PDF \frac{\beta^\alpha}{\Gamma(\alpha)} x^{-\alpha - 1} \exp \left(\frac{-\beta}{x}\right)
CDF \frac{\Gamma(\alpha,\beta/x)}{\Gamma(\alpha)} \!
Mean \frac{\beta}{\alpha-1}\! for \alpha > 1
Mode \frac{\beta}{\alpha+1}\!
Variance \frac{\beta^2}{(\alpha-1)^2(\alpha-2)}\! for \alpha > 2
Skewness \frac{4\sqrt{\alpha-2}}{\alpha-3}\! for \alpha > 3
Ex. kurtosis \frac{30\,\alpha-66}{(\alpha-3)(\alpha-4)}\! for \alpha > 4
Entropy

\alpha\!+\!\ln(\beta\Gamma(\alpha))\!-\!(1\!+\!\alpha)\Psi(\alpha)


(see digamma function)
MGF Does not exist.
CF \frac{2\left(-i\beta t\right)^{\!\!\frac{\alpha}{2}}}{\Gamma(\alpha)}K_{\alpha}\left(\sqrt{-4i\beta t}\right)

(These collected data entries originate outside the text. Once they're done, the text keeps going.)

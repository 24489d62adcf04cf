// Merges as commits make them, and the calls of a queue.
use rc_queue::{Queue, QueueFault, QueueUpdate};
use std::alloc::{AllocError, Global};
use std::process::Abort;
use std::test::Fail;

const fn add(number: u32) -> QueueUpdate<u32> {
    QueueUpdate::Add(number)
}

const fn remove(number: u32) -> QueueUpdate<u32> {
    QueueUpdate::Remove(number)
}

fn queue(alloc: Global, removed: u64, numbers: &[u32]) -> Result<Queue<u32>, AllocError> {
    Ok(Queue::of_items(removed, numbers.to_vec(alloc)?))
}

fn has(queue: &Queue<u32>, removed: u64, numbers: &[u32]) -> bool {
    for (at, number) in numbers.iter().enumerate() {
        if queue.item(at as u64) != Some(number) {
            return false;
        }
    }
    queue.removed() == removed && queue.size() == numbers.len() as u64
}

fn is_wanted(merged: &Result<Queue<u32>, QueueFault>, want: Result<(u64, &[u32]), u64>) -> bool {
    match (merged, want) {
        (Ok(queue), Ok((removed, numbers))) => has(queue, removed, numbers),
        (Err(fault), Err(at)) => *fault == QueueFault::Remove(at),
        _ => false,
    }
}

// Whether this comes of merging a session's updates, where so many items had left at the view and
// these numbers wait at the place, which others have left: such a queue, or the refused removal.
fn merges(
    alloc: Global,
    view: u64,
    place: (u64, &[u32]),
    updates: &[QueueUpdate<u32>],
    want: Result<(u64, &[u32]), u64>,
) -> Result<bool, AllocError> {
    let at_view = queue(alloc, view, &[])?;
    let at_place = queue(alloc, place.0, place.1)?;
    Ok(is_wanted(&Queue::merge(&at_view, &at_place, updates), want))
}

// A producer beside a consumer, in either order, where 1 and 2 wait.
#[test]
fn producer_and_consumer(rt: HostRuntime) -> Result<(), Fail> {
    let alloc = rt.alloc();
    assert!(rt; merges(alloc, 0, (0, &[1, 2]), &[add(3)], Ok((0, &[1, 2, 3])))?);
    assert!(rt; merges(alloc, 0, (0, &[1, 2, 3]), &[remove(1)], Ok((1, &[2, 3])))?);
    assert!(rt; merges(alloc, 0, (0, &[1, 2]), &[remove(1)], Ok((1, &[2])))?);
    assert!(rt; merges(alloc, 0, (1, &[2]), &[add(3)], Ok((1, &[2, 3])))?);
    Ok(())
}

#[test]
fn two_consumers(rt: HostRuntime) -> Result<(), Fail> {
    let alloc = rt.alloc();
    // The second is refused, whatever is at the front by then.
    assert!(rt; merges(alloc, 0, (1, &[2]), &[remove(1)], Err(0))?);
    assert!(rt; merges(alloc, 0, (1, &[1]), &[add(4), remove(1)], Err(1))?);
    // A removal with nothing left.
    assert!(rt; merges(alloc, 5, (5, &[1]), &[remove(1), remove(2)], Err(1))?);
    Ok(())
}

// A session takes what it added itself, but another's add stands before it.
#[test]
fn own_items(rt: HostRuntime) -> Result<(), Fail> {
    let alloc = rt.alloc();
    assert!(rt; merges(alloc, 0, (0, &[]), &[add(7), remove(7)], Ok((1, &[])))?);
    assert!(rt; merges(alloc, 0, (0, &[8]), &[add(7), remove(7)], Err(1))?);
    Ok(())
}

fn has_equal_copy(queue: &Queue<u32>, removed: u64, numbers: &[u32]) -> Result<bool, AllocError> {
    Ok(has(&queue.try_clone()?, removed, numbers))
}

// From these calls a caller's proof learns nothing of the queue, so it stays short.
fn apply(queue: &mut Queue<u32>, update: QueueUpdate<u32>) -> Result<(), QueueFault> {
    queue.apply(update)
}

fn has_front(queue: &Queue<u32>, number: &u32) -> bool {
    queue.front() == Some(number)
}

fn check_removals<R: Abort>(rt: &R, line: &mut Queue<u32>) -> Result<(), QueueFault> {
    apply(line, remove(4))?;
    assert!(rt; has_front(line, &5));
    apply(line, remove(5))?;
    assert_eq!(rt; apply(line, remove(5)), Err(QueueFault::Remove(0)));
    Ok(())
}

#[test]
fn applies(rt: HostRuntime) -> Result<(), Fail> {
    let mut line = queue(rt.alloc(), u64::MAX - 1, &[4])?;
    apply(&mut line, add(5))?;
    assert_eq!(rt; apply(&mut line, remove(5)), Err(QueueFault::Remove(0)));
    assert!(rt; has_equal_copy(&line, u64::MAX - 1, &[4, 5])?);
    check_removals(&rt, &mut line)?;
    assert!(rt; has(&line, u64::MAX, &[]));
    Ok(())
}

In probability theory and statistics, the inverse gamma distribution is a two-parameter family of continuous probability distributions on the positive real line, which is the distribution of the reciprocal of a variable distributed according to the gamma distribution. Perhaps the chief use of the inverse gamma distribution is in Bayesian statistics, where the distribution arises as the marginal posterior distribution for the unknown variance of a normal distribution if an uninformative prior is used; and as an analytically tractable conjugate prior if an informative prior is required.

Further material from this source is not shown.